■ Exercise instructions
Among these records, which lines include "recorded"? Copy them out.

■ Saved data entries
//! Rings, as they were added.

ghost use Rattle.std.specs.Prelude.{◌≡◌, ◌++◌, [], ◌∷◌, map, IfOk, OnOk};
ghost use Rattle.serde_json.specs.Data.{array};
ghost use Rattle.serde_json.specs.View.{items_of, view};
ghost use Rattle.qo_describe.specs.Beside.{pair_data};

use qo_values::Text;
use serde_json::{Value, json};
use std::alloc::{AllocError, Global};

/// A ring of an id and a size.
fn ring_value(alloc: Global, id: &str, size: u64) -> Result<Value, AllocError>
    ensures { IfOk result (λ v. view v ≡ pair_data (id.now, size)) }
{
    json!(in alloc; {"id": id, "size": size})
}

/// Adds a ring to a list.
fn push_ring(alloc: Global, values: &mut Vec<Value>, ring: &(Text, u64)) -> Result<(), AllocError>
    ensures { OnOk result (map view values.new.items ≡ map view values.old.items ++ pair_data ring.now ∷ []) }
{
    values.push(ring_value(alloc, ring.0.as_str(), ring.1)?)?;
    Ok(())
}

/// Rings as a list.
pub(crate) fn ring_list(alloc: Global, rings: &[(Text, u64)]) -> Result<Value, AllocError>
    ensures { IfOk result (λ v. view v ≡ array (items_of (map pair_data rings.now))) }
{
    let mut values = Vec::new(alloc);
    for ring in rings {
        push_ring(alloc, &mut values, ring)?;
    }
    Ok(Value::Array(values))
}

* * *

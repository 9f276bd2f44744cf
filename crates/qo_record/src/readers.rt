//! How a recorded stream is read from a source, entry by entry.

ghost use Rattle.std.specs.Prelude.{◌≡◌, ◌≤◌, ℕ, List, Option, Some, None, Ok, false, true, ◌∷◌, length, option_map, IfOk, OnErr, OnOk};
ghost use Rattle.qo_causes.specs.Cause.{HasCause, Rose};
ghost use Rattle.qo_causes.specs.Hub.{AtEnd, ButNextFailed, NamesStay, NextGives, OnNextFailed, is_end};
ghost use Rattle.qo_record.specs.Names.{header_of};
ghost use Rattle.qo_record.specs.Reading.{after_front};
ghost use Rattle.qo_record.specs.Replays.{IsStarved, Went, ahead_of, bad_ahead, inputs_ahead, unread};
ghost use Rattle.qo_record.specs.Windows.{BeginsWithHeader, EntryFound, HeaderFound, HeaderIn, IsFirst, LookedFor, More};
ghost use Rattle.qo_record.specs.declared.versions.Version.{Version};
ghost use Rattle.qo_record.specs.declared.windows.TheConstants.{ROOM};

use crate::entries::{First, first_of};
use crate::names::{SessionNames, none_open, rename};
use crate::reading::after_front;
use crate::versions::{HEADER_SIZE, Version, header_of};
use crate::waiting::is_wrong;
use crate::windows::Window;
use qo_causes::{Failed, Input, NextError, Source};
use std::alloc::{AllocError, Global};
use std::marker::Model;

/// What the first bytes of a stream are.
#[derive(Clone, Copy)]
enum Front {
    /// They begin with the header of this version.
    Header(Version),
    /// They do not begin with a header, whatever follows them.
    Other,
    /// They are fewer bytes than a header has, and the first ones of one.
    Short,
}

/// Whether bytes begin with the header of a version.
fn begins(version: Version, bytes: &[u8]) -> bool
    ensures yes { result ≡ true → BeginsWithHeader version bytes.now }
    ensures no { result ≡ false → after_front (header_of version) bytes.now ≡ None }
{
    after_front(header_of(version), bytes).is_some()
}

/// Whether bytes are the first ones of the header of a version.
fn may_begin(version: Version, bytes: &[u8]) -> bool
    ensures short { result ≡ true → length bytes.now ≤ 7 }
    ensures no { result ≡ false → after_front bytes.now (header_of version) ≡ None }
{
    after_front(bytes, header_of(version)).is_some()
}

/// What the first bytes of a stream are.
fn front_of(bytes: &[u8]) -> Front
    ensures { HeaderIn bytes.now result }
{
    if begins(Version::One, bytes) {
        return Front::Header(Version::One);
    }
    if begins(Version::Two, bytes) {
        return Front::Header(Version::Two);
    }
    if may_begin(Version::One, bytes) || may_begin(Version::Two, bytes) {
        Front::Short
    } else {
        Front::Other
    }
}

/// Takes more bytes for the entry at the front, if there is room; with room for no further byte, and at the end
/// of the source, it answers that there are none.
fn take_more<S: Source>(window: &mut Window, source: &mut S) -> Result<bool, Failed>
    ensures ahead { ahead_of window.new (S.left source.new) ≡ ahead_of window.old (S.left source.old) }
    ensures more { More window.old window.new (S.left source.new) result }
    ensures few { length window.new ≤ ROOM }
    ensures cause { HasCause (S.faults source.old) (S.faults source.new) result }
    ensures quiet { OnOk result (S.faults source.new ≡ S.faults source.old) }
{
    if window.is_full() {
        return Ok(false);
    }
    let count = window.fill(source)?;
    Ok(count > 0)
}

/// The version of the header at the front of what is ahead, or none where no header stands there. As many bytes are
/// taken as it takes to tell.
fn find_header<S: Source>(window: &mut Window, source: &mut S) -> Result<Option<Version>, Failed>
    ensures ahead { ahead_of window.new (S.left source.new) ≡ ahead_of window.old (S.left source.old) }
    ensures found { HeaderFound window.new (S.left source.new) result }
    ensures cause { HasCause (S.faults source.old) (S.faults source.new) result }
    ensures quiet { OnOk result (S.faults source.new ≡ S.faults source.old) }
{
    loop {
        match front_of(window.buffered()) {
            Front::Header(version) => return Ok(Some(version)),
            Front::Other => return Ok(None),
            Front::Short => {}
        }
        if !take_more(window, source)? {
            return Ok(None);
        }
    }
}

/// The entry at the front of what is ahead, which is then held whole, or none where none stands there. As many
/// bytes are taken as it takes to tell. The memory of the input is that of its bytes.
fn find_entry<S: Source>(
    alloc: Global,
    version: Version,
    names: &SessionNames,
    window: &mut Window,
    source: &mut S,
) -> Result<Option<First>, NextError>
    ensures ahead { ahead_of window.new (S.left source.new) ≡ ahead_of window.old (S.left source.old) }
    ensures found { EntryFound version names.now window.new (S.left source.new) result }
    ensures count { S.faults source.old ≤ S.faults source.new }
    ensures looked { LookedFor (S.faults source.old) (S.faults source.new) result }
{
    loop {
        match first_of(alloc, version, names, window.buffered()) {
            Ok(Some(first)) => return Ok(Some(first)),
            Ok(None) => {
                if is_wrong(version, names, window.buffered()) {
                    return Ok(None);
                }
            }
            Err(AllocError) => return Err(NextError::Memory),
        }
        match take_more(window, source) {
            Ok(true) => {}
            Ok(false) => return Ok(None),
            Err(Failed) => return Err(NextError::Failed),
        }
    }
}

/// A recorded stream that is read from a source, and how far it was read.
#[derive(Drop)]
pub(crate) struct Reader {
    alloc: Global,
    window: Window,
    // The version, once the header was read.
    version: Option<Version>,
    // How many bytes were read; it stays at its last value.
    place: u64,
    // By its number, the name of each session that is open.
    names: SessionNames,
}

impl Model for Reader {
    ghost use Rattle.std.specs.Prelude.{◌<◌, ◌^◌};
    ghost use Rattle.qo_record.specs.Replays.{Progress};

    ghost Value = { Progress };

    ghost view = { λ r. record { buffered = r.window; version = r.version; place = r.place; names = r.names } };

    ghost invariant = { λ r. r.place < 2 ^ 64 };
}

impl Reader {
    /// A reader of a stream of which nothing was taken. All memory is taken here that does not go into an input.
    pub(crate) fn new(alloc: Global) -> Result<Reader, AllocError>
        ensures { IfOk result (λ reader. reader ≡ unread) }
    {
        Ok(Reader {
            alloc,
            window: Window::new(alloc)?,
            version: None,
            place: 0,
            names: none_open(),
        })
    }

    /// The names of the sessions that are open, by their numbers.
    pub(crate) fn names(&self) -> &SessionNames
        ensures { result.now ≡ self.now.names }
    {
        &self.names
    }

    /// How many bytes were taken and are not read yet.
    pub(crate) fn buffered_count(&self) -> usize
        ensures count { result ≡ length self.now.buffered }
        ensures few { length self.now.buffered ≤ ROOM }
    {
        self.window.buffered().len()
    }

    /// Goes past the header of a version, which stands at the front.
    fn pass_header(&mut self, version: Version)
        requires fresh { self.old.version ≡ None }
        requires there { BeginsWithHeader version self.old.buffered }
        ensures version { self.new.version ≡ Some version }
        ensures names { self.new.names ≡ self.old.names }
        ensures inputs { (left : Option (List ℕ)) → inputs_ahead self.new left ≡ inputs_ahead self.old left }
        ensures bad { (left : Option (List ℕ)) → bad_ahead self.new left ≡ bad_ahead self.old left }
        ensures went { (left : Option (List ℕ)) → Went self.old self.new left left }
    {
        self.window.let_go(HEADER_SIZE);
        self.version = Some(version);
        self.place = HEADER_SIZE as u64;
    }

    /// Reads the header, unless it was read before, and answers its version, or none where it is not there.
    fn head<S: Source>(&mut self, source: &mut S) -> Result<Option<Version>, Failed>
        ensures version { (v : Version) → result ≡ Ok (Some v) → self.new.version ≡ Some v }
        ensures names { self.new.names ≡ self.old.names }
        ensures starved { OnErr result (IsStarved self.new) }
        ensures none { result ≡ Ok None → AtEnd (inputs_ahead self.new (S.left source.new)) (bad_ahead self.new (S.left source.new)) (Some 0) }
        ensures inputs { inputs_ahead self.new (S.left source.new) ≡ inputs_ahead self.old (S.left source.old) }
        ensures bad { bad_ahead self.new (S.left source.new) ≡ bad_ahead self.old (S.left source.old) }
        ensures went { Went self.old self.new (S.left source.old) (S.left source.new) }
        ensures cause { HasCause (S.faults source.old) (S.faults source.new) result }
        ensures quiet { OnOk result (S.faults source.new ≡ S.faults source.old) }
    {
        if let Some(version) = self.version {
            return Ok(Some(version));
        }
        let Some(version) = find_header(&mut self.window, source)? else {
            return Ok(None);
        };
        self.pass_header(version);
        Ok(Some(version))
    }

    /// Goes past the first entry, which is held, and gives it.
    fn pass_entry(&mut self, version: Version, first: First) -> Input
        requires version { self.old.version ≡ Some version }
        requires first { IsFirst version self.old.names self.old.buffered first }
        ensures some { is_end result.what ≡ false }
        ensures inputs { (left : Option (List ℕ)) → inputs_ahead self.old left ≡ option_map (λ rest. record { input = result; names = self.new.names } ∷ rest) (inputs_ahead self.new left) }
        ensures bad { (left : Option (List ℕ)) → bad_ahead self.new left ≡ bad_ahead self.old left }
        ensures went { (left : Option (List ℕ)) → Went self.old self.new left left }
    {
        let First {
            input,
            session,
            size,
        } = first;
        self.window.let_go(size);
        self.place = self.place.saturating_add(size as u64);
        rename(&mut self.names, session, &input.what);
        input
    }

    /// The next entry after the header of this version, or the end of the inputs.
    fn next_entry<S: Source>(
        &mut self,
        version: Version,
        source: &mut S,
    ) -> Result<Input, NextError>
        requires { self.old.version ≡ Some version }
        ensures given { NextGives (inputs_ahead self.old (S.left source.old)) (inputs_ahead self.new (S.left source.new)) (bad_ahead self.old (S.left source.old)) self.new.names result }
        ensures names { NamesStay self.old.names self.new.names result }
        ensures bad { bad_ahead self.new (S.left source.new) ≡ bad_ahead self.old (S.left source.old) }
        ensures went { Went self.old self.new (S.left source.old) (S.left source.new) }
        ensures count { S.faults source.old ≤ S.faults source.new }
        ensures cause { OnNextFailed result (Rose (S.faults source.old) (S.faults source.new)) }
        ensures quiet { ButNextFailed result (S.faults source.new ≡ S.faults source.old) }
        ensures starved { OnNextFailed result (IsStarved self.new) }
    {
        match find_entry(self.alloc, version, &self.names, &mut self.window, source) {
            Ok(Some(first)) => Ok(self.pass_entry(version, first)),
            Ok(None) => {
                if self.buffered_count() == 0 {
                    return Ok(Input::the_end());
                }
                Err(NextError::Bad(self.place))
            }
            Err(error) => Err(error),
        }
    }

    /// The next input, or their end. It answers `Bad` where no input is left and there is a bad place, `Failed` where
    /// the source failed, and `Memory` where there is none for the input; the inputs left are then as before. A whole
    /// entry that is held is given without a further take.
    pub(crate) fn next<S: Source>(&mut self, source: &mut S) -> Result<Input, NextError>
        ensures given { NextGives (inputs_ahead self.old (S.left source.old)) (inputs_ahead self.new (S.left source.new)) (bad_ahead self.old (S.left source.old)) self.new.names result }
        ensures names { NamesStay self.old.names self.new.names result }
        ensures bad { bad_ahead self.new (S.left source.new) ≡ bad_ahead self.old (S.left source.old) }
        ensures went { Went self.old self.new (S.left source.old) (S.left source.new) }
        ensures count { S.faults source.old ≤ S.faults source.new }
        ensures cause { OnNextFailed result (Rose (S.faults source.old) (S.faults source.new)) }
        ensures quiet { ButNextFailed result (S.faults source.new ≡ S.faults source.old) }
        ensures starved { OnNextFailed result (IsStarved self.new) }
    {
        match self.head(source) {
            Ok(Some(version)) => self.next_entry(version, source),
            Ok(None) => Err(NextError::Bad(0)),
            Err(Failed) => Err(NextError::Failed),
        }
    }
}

■ Task response
//! How a recorded stream is read from a source, entry by entry.
/// A recorded stream that is read from a source, and how far it was read.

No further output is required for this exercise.